Das Angebot auf der 20 000 Quadratmeter großen Aktionsfläche war abwechslungsreich. Mit einer neuen Jeans, einem passenden Poloshirt und einem neuen Paar Schuhe gab es jede Menge Artikel, um sich einzukleiden. Verschiedene Parfums, Bücher, Schmuckartikel oder eine große Auswahl an Handtaschen rundeten das Angebot ab. Aber auch Interessenten von diversen Elektroartikeln und Trödel wurden fündig. Großen Andrang gab es auch an verschiedenen Obst- und Gemüseständen.
Als besonders erfolgreich stellte sich die Familienaktion heraus, wie Veranstalter Erwin Peters mitteilte.
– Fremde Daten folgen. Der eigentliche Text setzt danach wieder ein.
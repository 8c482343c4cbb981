//! A file on its way through the channel.
ghost use Rattle.std.specs.Prelude.{◌≡◌, ◌<◌, ◌≤◌, ◌++◌, length, map, IfOk, OnOk};
ghost use Rattle.rand_core.specs.Stream.{Stream};
ghost use Rattle.kk_rows.specs.Rows.{numbers};
ghost use Rattle.kk_outside.specs.Generator.{after_words, word_at};
ghost use Rattle.kk_code.specs.Ticket.{generations};
ghost use Rattle.kk_frame.specs.FrameView.{pairs};
ghost use Rattle.kk_trial.specs.Trial.{file_words, made_file, words_before, trial_frames};

use crate::OperatorChannel;
use kk_assemble::cut;
use kk_channel::pass_through;
use kk_code::{Encoder, Ticket};
use kk_outside::Alloc;
use kk_rows::Row;
use rand_core::Rng;
use std::alloc::Global;

/// The generations and rows that come out of the channel for a file that the generator has made: one generation after the other,
/// by the words that come next.
pub(crate) fn pass_file<R: Rng>(
    alloc: Global,
    ticket: &Ticket,
    file: &[u8],
    channel: OperatorChannel,
    rng: &mut R,
) -> Result<Vec<(u32, Row)>, Alloc>
    requires whole { length file.now ≡ ticket.now.length }
    requires erase { channel.erase ≤ ticket.now.code.l }
    requires inject { channel.inject ≤ ticket.now.code.field.degree }
    ensures frames { (start : Stream) → R.stream rng.old ≡ after_words (file_words ticket.now.length) start
        → file.now ≡ made_file ticket.now.length (word_at start)
        → IfOk result (λ frames. pairs frames.items ≡ trial_frames ticket.now channel (word_at start)) }
    ensures words { (start : Stream) → R.stream rng.old ≡ after_words (file_words ticket.now.length) start
        → OnOk result (R.stream rng.new ≡ after_words (words_before ticket.now channel (generations ticket.now)) start) }
{
    let code = ticket.code();
    let encoder = Encoder::new(alloc, &code)?;
    let mut frames = Vec::new(alloc);
    for generation in 0..ticket.generations() {
        let message = cut(file, ticket, generation);
        let codeword = encoder.encode(&message);
        let passed = pass_through(&code, &codeword, channel.erase, channel.inject, rng);
        push_rows(&mut frames, generation, passed.as_slice())?;
    }
    Ok(frames)
}

/// Appends the rows of a generation.
fn push_rows(frames: &mut Vec<(u32, Row)>, generation: u32, rows: &[Row]) -> Result<(), Alloc>
    ensures { OnOk result (pairs frames.new.items ≡ pairs frames.old.items ++ map (λ r. (generation, r)) (numbers rows.now)) }
{
    for row in rows {
        frames.push((generation, *row))?;
    }
    Ok(())
}
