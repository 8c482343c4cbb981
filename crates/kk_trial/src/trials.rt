//! A trial of a receiver.
ghost use Rattle.std.specs.Prelude.{◌≡◌, ◌≤◌, IfOk, OnOk};
ghost use Rattle.kk_outside.specs.Generator.{after_words, word_at};
ghost use Rattle.kk_code.specs.Ticket.{generations};
ghost use Rattle.kk_trial.specs.Trial.{made_file, words_before, trial_gates};

use crate::OperatorChannel;
use crate::dealing::deal;
use crate::making::make_file;
use crate::passing::pass_file;
use kk_code::Ticket;
use kk_outside::{Alloc, MemoryGate};
use rand_core::Rng;
use std::alloc::Global;

/// A file, and the gates that give the frames of its generations after the channel.
#[derive(Drop)]
pub struct Trial {
    /// What a receiver should make of the frames.
    pub file: Vec<u8>,
    /// The gates, which nobody has asked yet.
    pub gates: Vec<MemoryGate>,
}

/// Makes a file of the ticket's length by the words of the generator, passes the codewords of its generations through an operator
/// channel, and deals the frames over so many gates.
///
/// Frame number i, counted over all generations, is one datagram of gate i modulo `gates`. No gate gives an END.
///
/// # Errors
///
/// There is no memory.
pub fn make_trial<R: Rng>(
    alloc: Global,
    ticket: &Ticket,
    channel: OperatorChannel,
    gates: u32,
    rng: &mut R,
) -> Result<Trial, Alloc>
    requires erase { channel.erase ≤ ticket.now.code.l }
    requires inject { channel.inject ≤ ticket.now.code.field.degree }
    requires some { 1 ≤ gates }
    ensures file { IfOk result (λ trial. trial.file.items ≡ made_file ticket.now.length (word_at (R.stream rng.old))) }
    ensures gates { IfOk result (λ trial. trial.gates.items ≡ trial_gates ticket.now channel gates (word_at (R.stream rng.old))) }
    ensures words { OnOk result (R.stream rng.new ≡ after_words (words_before ticket.now channel (generations ticket.now)) (R.stream rng.old)) }
{
    let file = make_file(alloc, ticket.length() as usize, rng)?;
    let frames = pass_file(alloc, ticket, &file, channel, rng)?;
    let gates = deal(alloc, ticket, &frames, gates)?;
    Ok(Trial { file, gates })
}
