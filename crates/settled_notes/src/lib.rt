//! The notes of functions that count on the packets of a burst, kept until it is known how each packet ends.
//!
//! A function that counts doesn't change while a packet is on its way: what it sees is noted. The functions of a branch
//! put their notes into one list ([`ListedNote`], [`list_note`]). After the burst, when the fate of each packet is
//! known, the list is settled ([`settle_listed`]), in its own order. A note is discarded if a function at an earlier
//! position of the chain dropped its packet, since in the chain the packet would never have come so far. Every other
//! note is settled, even if a later function dropped the packet.
#![tactic(auto)]

mod laws;
mod listed;
mod settling;

pub use laws::functions_count_by_notes;
pub use listed::{ListedNote, list_note};
pub use settling::settle_listed;
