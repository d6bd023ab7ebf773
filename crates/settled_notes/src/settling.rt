//! Settles the notes on a burst's packets once it is known how each packet ends.
ghost use Rattle.std.specs.Prelude.{◌≡◌, List, slice_index_or, IsOk, OnOk};
ghost use Rattle.burst_law.specs.Bursts.{Message, Message.Lost};
ghost use Rattle.burst_law.specs.Noting.{lost_before, settled_listed, settled_one};
ghost use Rattle.settled_notes.specs.Settling.{line_counts, AddsNoLine, SameDrops};

use crate::listed::ListedNote;
use chain_walk::Fate;
use packet_function::Function;
use std::alloc::AllocError;

/// Settles the notes of the functions of a branch, which have these positions, on a burst whose packets have these
/// fates. The notes are settled one after another, in the order of the list, except those on packets that a function at
/// an earlier position dropped. The only error is that memory runs out.
pub fn settle_listed<F: Function>(
    functions: &mut [F],
    positions: &[u32],
    fates: &[Fate],
    listed: &[ListedNote],
) -> Result<(), AllocError>
    ensures settled { (ends : List Message) → SameDrops fates.now ends → OnOk result (functions.new ≡ settled_listed F.notes positions.now ends functions.old listed.now) }
    // Only one line more of a state needs memory.
    ensures known { (ends : List Message) → SameDrops fates.now ends → AddsNoLine F.rows F.notes positions.now ends functions.old listed.now → IsOk result }
{
    for note in listed {
        settle_one(functions, positions, fates, note)?;
    }
    Ok(())
}

/// Settles a note, unless its packet was dropped at an earlier position.
fn settle_one<F: Function>(
    functions: &mut [F],
    positions: &[u32],
    fates: &[Fate],
    note: &ListedNote,
) -> Result<(), AllocError>
    ensures settled { (ends : List Message) → SameDrops fates.now ends → OnOk result (functions.new ≡ settled_one F.notes positions.now ends functions.old note.now) }
    ensures known { (ends : List Message) → SameDrops fates.now ends → line_counts F.rows (settled_one F.notes positions.now ends functions.old note.now) ≡ line_counts F.rows functions.old → IsOk result }
{
    let index = note.index;
    if is_dropped_before(fates, note.packet, position_at(positions, index)) {
        return Ok(());
    }
    if index >= functions.len() {
        return Ok(());
    }
    functions[index].settle(&note.note)
}

/// The position at this place.
fn position_at(positions: &[u32], index: usize) -> u32
    ensures { result ≡ slice_index_or positions.now index 0 }
{
    match positions.get(index) {
        Some(position) => *position,
        None => 0,
    }
}

/// Was the packet with this number in the burst dropped before this position?
fn is_dropped_before(fates: &[Fate], packet: u32, position: u32) -> bool
    ensures { (ends : List Message) → SameDrops fates.now ends → result ≡ lost_before (slice_index_or ends packet (Lost 0)) position }
{
    match fates.get(packet as usize) {
        Some(Fate::Gone(at)) => *at < position,
        Some(Fate::Out(_)) => false,
        None => 0 < position,
    }
}
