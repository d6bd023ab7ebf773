//! A property of functions that count.
ghost use Rattle.chain_walk.specs.Notes.{CountsByNotes};

use packet_function::Function;

/// A function that counts, of any kind, only notes a packet and settles the note, and no note depends on what was
/// settled.
pub fn functions_count_by_notes<F: Function>()
    ensures { CountsByNotes F.behaviour F.notes }
{}
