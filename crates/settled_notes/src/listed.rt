//! The notes of the functions of a branch on the packets of a burst, kept until it is known how each packet ends.
ghost use Rattle.std.specs.Prelude.{◌≡◌, ◌++◌, ◌∷◌, [], OnOk, OnErr};
ghost use Rattle.burst_law.specs.Noting.{row_listed};

use packet_function::FlowNote;
use std::alloc::AllocError;
use std::marker::Model;

/// A note of the packet with this number in the burst, counted from 0, by the function at this place in its branch,
/// counted from 0.
#[derive(Drop)]
pub struct ListedNote {
    pub packet: u32,
    pub index: usize,
    pub note: FlowNote,
}

impl Model for ListedNote {
    ghost use Rattle.burst_law.specs.Noting.{OwnNote};
    ghost use Rattle.packet_function.specs.declared.note.FlowNote.{FlowNote as Note};

    ghost Value = { OwnNote Note };

    ghost view = { λ n. record { packet = n.packet; index = n.index; note = n.note } };
}

/// Lists what a function noted, if it noted anything.
pub fn list_note(
    listed: &mut Vec<ListedNote>,
    packet: u32,
    index: usize,
    note: Option<FlowNote>,
) -> Result<(), AllocError>
    ensures adds { OnOk result (listed.new.items ≡ listed.old.items ++ row_listed packet index (note ∷ [])) }
    ensures stays { OnErr result (listed.new.items ≡ listed.old.items) }
{
    if let Some(note) = note {
        listed.push(ListedNote {
            packet,
            index,
            note,
        })?;
    }
    Ok(())
}
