// A counter, or for 0 a key that is removed.
fn put_counter(payload: &mut Bytes, offset: u64, value: u64) -> Result<(), AllocError> {
    payload.extend_from_slice(&INODE)?;
    payload.extend_from_slice(&offset.to_le_bytes())?;
    payload.extend_from_slice(&SNAPSHOT)?;
    if value == 0 {
        return payload.extend_from_slice(&REMOVED);
    }
    payload.extend_from_slice(&COUNTER)?;
    payload.extend_from_slice(&value.to_le_bytes())
}

// The payload of a set of a leaf of Counters that covers all positions.
pub fn payload_of(alloc: Global, birth: u64, keys: &[(u64, u64)]) -> Result<Bytes, AllocError> {
    let count = keys.len().min(u32::MAX as usize) as u32;
    let mut payload = Bytes::new(alloc);
    put_head(&mut payload, birth, count)?;
    for (offset, value) in keys {
        put_counter(&mut payload, *offset, *value)?;
    }
    Ok(payload)
}

// Whether the devices have block n of the bucket at a place.
fn has_copy(devices: &MemDevices, place: &Place, n: u8) -> bool
    ensures { IsTrue result → IsPlace (⟦<MemDevices as Devices>⟧.state devices.now).sizes
        place.now.dev (place.now.block + n) }
{
    if place.dev >= devices.count() {
        return false;
    }
    u64::from(place.block) + u64::from(n) < u64::from(devices.blocks(place.dev))
}

// Whether they have it at each of these.
fn have_copies(devices: &MemDevices, places: &[Place], n: u8) -> bool
    ensures { IsTrue result → HaveCopies (⟦<MemDevices as Devices>⟧.state devices.now).sizes
        places.now n }
{
    for place in places {
        if !has_copy(devices, place, n) {
            return false;
        }
    }
    true
}

// Writes a block of the bucket at a place.
pub fn put(devices: &mut MemDevices, place: Place, n: u8, bytes: &[u8]) -> Result<(), Fail> {
    if place.dev >= devices.count() || bytes.len() != 4096 {
        return Err(Fail::from("there is no such device"));
    }
    let block = place.block.saturating_add(u32::from(n));
    if block >= devices.blocks(place.dev) {
        return Err(Fail::from("there is no such block"));
    }
    devices.write(place.dev, block, bytes)?;
    Ok(())
}

fn has_value(key: &Key) -> bool
    ensures { IsTrue result ↔ IsSome key.now.value }
{
    key.value.is_some()
}

// Whether no key is removed.
fn have_values(keys: &[Key]) -> bool
    ensures { IsTrue result ↔ All (λ key. IsSome key.value) keys.now }
{
    keys.iter().all(|key| has_value(key))
}

// The blocks of a set with this payload.
fn planned_set(
    alloc: Global,
    ptr: &NodePtr,
    block: u8,
    payload: &[u8],
    set: &SetRecord,
) -> Result<Blocked, Fail>
    requires set { IsSetInRange set.now }
    requires size { length payload.now ≡ set_length_of set.now.keys }
{
    let ends = block as usize + (payload.len() + 3967) / 3968;
    if set.birth != ptr.birth || set.level != ptr.level || ptr.places.is_empty() || ends > 16 {
        return Err(Fail::from("it is no set of the node"));
    }
    if block == 0 && !have_values(set.keys.as_slice()) {
        return Err(Fail::from("the first set removes a key"));
    }
    Ok(plan_set(alloc, &layout_of(alloc)?, ptr, block, 1, set)?)
}

// The blocks of a set, if it is one.
pub fn planned(alloc: Global, ptr: &NodePtr, block: u8, payload: &[u8]) -> Result<Blocked, Fail> {
    match get_set(alloc, payload) {
        Ok(set) => {
            set_lengths();
            planned_set(alloc, ptr, block, payload, &set)
        }
        Err(_) => Err(Fail::from("it is no set")),
    }
}

// Writes the blocks of a set on each place, and says how many they are.
fn write_blocks(devices: &mut MemDevices, blocked: &Blocked) -> Result<usize, Fail> {
    let count = blocked.parts.len() / 4096;
    if blocked.block as usize + count > 16 {
        return Err(Fail::from("the bucket ends before the set"));
    }
    for part in 0..count as u8 {
        if !have_copies(devices, blocked.places.as_slice(), blocked.block + part) {
            return Err(Fail::from("there are no such blocks"));
        }
        write_part(devices, blocked, part)?;
    }
    Ok(count)
}

// Writes a set of these keys from a block of the bucket on, and says how many blocks were written on each place.
pub fn write_set(
    alloc: Global,
    devices: &mut MemDevices,
    birth: u64,
    block: u8,
    keys: &[(u64, u64)],
) -> Result<usize, Fail> {
    let ptr = pointer_of(alloc, birth)?;
    let payload = payload_of(alloc, birth, keys)?;
    let blocked = planned(alloc, &ptr, block, payload.as_slice())?;
    write_blocks(devices, &blocked)
}

// Reads the node.
fn read(alloc: Global, devices: &mut MemDevices) -> Result<Result<ReadNode, NodeFault>, Fail> {
    let ptr = pointer_of(alloc, BIRTH)?;
    if !ptr.is_in_range() {
        return Err(Fail::from("it is no node"));
    }
    let layout = layout_of(alloc)?;
    Ok(read_node(
        alloc,
        devices,
        &layout,
        Btree::Counters,
        &Pos::LEAST,
        &Pos::GREATEST,
        &ptr,
    ))
}

pub fn blank(alloc: Global) -> Result<MemDevices, AllocError> {
    MemDevices::blank(alloc, &BLANK_SIZES)
}

// What reading the node gives: the counters at offsets 1 to 4, the block behind the last set, and whether the copies differ.
#[derive(Clone, Copy, PartialEq, Eq)]
pub struct Seen {
    pub counters: [u64; 4],
    pub end: u8,
    pub ragged: bool,
}

fn counter_at(node: &NodeMem, offset: u64) -> u64 {
    let pos = Pos {
        inode: 0,
        offset,
        snapshot: 0,
    };
    match node.get(&pos) {
        Some(Value::Counter { next }) => *next,
        _ => 0,
    }
}

pub fn outcome(alloc: Global, devices: &mut MemDevices) -> Result<Result<Seen, NodeFault>, Fail> {
    match read(alloc, devices)? {
        Err(fault) => Ok(Err(fault)),
        Ok(ReadNode { node, end, ragged }) => Ok(Ok(Seen {
            counters: [
                counter_at(&node, 1),
                counter_at(&node, 2),
                counter_at(&node, 3),
                counter_at(&node, 4),
            ],
            end,
            ragged,
        })),
    }
}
Kinder bis 14 Jahre konnten kostenfrei ihre Waren anbieten. „Einige Familien kamen mit ihren Kids, um ihre Kindersachen zu verkaufen“, so Peters. Auch für das leibliche Wohl wurde bestens gesorgt.
Zum ersten Mal besuchte der Cloppenburger Tobias Pezke den Flohmarkt. „Ich habe heute nicht was gefunden, es ist aber ein netter Zeitvertreib hier“, so sein Fazit. Anders sieht es bei Sevin Kilic aus. Die Garrelerin besuchte schon einige Male die Veranstaltung. „Ich schaue mich gerne um und wenn mir was gefällt, dann kaufe ich es“, erzählte sie.